== Segment start ==

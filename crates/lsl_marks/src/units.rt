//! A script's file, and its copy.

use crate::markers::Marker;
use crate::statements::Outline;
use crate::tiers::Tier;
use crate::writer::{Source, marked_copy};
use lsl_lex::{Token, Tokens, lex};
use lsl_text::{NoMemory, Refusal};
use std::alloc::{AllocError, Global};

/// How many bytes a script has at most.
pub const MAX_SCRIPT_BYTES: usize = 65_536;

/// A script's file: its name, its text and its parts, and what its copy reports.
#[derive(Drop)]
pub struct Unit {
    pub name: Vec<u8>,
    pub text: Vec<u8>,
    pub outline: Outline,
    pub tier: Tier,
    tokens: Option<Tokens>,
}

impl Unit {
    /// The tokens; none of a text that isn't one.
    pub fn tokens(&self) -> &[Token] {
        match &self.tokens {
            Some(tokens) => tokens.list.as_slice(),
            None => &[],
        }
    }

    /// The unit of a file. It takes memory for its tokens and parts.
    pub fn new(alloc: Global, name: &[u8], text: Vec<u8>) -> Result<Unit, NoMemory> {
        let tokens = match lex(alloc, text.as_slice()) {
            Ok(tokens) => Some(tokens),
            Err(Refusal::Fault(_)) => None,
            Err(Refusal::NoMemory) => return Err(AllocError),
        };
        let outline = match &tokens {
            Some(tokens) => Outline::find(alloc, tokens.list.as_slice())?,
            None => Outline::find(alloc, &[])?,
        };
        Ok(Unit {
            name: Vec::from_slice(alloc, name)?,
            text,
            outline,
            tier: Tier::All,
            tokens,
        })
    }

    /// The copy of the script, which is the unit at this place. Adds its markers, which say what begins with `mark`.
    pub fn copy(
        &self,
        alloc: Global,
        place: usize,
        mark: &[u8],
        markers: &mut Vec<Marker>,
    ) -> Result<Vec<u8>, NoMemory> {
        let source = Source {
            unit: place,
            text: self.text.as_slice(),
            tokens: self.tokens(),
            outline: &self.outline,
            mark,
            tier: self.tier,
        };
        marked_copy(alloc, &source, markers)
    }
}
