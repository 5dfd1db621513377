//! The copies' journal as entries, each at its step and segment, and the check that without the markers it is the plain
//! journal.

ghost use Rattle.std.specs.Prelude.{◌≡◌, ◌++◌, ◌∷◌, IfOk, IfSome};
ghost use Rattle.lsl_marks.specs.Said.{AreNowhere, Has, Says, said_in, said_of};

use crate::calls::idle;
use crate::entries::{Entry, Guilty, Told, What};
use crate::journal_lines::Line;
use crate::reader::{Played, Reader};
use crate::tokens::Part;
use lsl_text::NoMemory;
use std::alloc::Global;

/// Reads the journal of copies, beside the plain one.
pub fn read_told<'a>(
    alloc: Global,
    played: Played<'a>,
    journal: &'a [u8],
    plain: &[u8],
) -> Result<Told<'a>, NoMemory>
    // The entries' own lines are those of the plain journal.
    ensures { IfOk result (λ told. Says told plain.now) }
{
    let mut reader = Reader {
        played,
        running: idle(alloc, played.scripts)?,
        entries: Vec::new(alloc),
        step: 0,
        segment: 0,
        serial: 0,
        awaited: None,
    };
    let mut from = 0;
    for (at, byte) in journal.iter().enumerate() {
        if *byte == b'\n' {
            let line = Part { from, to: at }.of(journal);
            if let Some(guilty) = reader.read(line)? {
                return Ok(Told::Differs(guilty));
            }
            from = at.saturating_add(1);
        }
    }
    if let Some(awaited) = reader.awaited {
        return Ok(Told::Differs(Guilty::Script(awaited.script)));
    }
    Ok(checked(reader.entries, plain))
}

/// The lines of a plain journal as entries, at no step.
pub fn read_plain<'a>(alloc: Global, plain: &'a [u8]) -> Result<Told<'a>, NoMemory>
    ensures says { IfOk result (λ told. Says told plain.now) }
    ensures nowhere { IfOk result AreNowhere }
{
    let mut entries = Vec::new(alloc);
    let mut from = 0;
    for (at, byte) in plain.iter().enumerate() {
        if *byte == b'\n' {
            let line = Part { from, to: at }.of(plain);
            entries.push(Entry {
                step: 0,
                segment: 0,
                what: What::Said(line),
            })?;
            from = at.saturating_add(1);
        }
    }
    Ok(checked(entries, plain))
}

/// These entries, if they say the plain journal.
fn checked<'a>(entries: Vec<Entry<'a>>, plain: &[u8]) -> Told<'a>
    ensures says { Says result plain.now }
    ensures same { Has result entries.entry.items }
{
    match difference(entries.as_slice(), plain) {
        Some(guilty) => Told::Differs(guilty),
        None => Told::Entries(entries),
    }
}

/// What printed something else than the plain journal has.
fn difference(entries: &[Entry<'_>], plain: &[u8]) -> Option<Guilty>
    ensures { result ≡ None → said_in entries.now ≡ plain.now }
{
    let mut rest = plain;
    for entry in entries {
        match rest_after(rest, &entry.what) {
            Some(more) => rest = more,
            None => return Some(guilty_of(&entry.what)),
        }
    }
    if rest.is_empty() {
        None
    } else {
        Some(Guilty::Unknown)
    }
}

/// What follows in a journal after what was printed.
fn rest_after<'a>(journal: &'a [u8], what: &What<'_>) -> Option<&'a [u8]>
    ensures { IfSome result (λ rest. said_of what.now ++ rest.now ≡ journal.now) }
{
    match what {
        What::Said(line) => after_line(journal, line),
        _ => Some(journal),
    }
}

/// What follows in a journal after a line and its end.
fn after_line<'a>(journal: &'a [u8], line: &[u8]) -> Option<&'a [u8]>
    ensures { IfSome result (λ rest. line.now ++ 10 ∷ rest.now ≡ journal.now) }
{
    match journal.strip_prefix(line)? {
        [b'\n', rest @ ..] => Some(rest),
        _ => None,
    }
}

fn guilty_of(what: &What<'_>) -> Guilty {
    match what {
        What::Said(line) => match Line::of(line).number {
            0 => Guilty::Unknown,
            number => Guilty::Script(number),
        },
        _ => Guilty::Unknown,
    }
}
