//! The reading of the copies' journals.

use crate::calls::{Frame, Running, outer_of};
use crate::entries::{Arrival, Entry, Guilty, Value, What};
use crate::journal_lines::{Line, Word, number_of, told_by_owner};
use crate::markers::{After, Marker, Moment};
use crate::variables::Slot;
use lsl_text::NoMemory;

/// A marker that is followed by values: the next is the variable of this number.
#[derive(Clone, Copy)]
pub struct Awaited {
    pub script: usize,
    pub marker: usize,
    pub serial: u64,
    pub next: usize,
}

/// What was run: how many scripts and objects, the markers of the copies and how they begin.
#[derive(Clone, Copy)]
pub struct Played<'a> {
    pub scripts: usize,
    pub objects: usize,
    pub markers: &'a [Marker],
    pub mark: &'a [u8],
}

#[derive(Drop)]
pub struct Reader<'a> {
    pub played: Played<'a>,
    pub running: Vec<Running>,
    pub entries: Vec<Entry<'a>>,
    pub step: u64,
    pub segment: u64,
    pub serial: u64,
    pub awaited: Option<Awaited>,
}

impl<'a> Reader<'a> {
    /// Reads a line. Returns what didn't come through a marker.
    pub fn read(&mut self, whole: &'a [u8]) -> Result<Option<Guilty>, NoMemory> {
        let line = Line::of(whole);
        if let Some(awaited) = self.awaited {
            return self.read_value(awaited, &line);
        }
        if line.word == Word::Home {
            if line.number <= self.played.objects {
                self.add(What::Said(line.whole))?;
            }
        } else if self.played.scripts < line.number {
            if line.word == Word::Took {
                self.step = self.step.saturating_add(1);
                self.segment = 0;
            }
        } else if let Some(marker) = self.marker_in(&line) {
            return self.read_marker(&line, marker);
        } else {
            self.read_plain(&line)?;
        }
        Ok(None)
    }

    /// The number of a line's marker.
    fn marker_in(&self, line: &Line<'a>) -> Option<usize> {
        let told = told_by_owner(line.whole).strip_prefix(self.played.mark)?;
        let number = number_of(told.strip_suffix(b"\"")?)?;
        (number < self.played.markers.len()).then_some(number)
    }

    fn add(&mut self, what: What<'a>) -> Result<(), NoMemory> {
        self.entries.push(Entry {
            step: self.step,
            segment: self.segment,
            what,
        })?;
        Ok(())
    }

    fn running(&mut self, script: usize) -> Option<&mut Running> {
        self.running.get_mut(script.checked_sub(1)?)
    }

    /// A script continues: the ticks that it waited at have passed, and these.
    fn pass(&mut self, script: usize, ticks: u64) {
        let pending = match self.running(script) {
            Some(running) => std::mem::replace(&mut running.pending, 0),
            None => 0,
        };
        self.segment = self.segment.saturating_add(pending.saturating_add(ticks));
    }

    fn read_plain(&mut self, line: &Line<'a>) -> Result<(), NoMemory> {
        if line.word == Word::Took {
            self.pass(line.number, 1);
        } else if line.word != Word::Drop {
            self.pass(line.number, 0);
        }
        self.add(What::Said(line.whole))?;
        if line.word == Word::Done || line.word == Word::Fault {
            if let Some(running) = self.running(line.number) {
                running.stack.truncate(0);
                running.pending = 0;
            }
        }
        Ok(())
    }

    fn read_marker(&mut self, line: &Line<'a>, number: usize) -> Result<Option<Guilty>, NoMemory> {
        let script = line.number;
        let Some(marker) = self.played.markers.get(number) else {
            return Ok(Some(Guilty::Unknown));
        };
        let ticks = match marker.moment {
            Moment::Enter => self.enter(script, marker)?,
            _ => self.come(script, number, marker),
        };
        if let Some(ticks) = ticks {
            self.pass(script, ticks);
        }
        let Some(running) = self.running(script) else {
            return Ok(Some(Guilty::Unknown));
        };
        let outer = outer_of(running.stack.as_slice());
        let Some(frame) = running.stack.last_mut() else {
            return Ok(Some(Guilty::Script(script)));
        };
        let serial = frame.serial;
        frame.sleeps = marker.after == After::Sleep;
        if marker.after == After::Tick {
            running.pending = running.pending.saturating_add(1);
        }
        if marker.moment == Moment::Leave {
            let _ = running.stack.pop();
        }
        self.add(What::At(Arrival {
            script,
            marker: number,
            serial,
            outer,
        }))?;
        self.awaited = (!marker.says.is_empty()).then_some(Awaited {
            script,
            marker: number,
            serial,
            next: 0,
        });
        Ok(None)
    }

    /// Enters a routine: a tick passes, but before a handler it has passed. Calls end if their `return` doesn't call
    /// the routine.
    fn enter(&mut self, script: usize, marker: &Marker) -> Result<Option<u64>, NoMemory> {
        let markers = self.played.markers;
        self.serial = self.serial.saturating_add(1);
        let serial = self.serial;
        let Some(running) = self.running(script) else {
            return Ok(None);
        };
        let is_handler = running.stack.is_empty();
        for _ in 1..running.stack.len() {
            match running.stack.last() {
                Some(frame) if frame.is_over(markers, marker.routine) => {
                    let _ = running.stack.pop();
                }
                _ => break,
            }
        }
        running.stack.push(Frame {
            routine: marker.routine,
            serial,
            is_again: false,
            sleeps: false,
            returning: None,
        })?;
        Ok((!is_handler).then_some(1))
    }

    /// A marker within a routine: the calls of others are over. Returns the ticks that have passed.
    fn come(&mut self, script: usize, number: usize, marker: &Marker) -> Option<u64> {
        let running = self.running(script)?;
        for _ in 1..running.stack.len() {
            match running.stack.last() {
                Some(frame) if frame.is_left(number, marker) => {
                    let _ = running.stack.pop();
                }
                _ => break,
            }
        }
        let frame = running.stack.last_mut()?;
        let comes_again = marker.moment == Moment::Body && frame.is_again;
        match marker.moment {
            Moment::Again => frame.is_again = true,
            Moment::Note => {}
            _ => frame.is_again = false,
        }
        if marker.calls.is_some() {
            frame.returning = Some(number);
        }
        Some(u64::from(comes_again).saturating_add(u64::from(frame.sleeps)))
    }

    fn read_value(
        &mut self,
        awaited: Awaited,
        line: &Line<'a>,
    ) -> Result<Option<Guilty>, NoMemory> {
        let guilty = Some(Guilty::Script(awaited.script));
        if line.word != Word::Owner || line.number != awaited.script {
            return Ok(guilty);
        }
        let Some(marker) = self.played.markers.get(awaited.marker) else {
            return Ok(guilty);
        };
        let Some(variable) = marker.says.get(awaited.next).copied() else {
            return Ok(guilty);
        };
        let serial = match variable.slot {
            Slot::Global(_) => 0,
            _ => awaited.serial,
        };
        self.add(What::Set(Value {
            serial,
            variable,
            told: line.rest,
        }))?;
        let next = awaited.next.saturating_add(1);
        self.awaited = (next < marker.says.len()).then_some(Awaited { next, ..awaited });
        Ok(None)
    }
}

== Segment end ==

Work to complete:
Read through the entries, then copy every line where the string "IfOk" is found.

Result:
ghost use Rattle.std.specs.Prelude.{◌≡◌, ◌++◌, ◌∷◌, IfOk, IfSome};
    ensures { IfOk result (λ told. Says told plain.now) }
    ensures says { IfOk result (λ told. Says told plain.now) }
    ensures nowhere { IfOk result AreNowhere }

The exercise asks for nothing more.